The Invalid, Wolfgang Heimbach |
I am home in DC visiting my parents over Christmas and New Year's, an extended visit of a few weeks. My father's recently had a major operation (the Whipple surgery) because he was high-risk for pancreatic cancer. The recovery is harrowing. He's in pain, it's hard for him to eat, he's lost wait to point of looking like an entirely different person.
Still, it was a good Christmas, with my young nieces and nephew cavorting through the house, and the grown-ups lingering in conversation at the dinner table, and my dad cheering up considerably as the days went by.
Now the rest of the family's departed, leaving me and my parents, and some extra germs. My mom and I have both come down with a nasty bug my niece and sister-in-law were just getting over when they arrived.
Also there are the two dogs: high energy Cleo and aging Kramer, who is quickly coming un-house-broken. Among this group of humans and animals, we all (except for perhaps Cleo) need some kind of special help.
So we're making each other cups of tea, cooking up chicken stock, encouraging each other to take naps, and discussing which nutritional supplements are the most palatable. My father bravely endures an episode of pain while I, still a little flu-ish, load the dogs into the car and take them to the dog park so my mom can get a break from taking Kramer out. None of us wants more pee on the carpet.
When my dad's not in pain, he tidies up the kitchen and takes Kramer on short walks. My mom does the laundry, because my mold allergy is too severe for me to go into the basement laundry room. I do as many dishes as possible, thinking always of the countless dishes my parents did when I lived here, during the endless years (in reality five) I lay in bed with undiagnosed Lyme disease. (I can never do enough dishes to repay them for all they did for me.)
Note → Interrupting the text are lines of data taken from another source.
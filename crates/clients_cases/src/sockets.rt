//! Sockets that give and take bytes by a script.

use std::alloc::{AllocError, Global};
use std::io::{Error, ErrorKind, Read, Result, Write};

/// What a peer sends.
#[derive(Drop)]
pub(crate) struct Sender {
    given: Vec<u8>,
    at: usize,
    pub(crate) has_ended: bool,
    pub(crate) is_broken: bool,
}

impl Sender {
    pub(crate) fn new(alloc: Global) -> Sender {
        Sender {
            given: Vec::new(alloc),
            at: 0,
            has_ended: false,
            is_broken: false,
        }
    }

    /// It sends these bytes.
    pub(crate) fn give(&mut self, bytes: &[u8]) -> std::result::Result<(), AllocError> {
        self.given.extend_from_slice(bytes)
    }
}

impl Read for Sender {
    fn read(&mut self, buf: &mut [u8]) -> Result<usize> {
        if self.is_broken {
            return Err(Error::from(ErrorKind::Other));
        }
        let Some(left) = self.given.get(self.at..) else {
            return Ok(0);
        };
        if left.is_empty() && !self.has_ended {
            return Err(Error::from(ErrorKind::WouldBlock));
        }
        let count = left.len().min(buf.len());
        buf[..count].copy_from_slice(&left[..count]);
        self.at = self.at.saturating_add(count);
        Ok(count)
    }
}

/// What a peer takes.
#[derive(Drop)]
pub(crate) struct Taker {
    pub(crate) taken: Vec<u8>,
    pub(crate) room: usize,
    pub(crate) is_broken: bool,
}

impl Taker {
    pub(crate) fn new(alloc: Global) -> Taker {
        Taker {
            taken: Vec::new(alloc),
            room: 0,
            is_broken: false,
        }
    }
}

impl Write for Taker {
    fn write(&mut self, buf: &[u8]) -> Result<usize> {
        if self.is_broken {
            return Err(Error::from(ErrorKind::Other));
        }
        let count = buf.len().min(self.room);
        if count == 0 {
            return Err(Error::from(ErrorKind::WouldBlock));
        }
        self.taken.extend_from_slice(&buf[..count])?;
        self.room -= count;
        Ok(count)
    }

    fn flush(&mut self) -> Result<()> {
        Ok(())
    }
}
My father seems to almost prefer getting through his periodic bouts of pain on his own, but afterwards he wants to talk about what's happening to him, how he's juggling tiny meals and antibiotics and oxycodone (which he hates taking), not to mention a drainage tube sticking out of his side to help clear a post-surgical infection. So I sit and listen, wishing there were more I could do.
We all help Kramer get up and down the stairs. She wants to go up and down the stairs, far more than we want her to, because she gets confused and stops halfway up or down, unable to take another step and squeaking in senile distress. Someone walking alongside her solves this. We trudge up and down the stairs with her, giving her words of encouragement. And when Kramer has an accident despite all the trips outside, my mom patiently cleans the carpet.
Life is suffering, I can't help thinking. Maybe not all the time, the way Buddha declared, but a large part of it. Samsara slapstick. And when another day of samsara is done we sit down to dinner, transported to another, more glamorous world of suffering, a film noir starring Bogart and Bacall.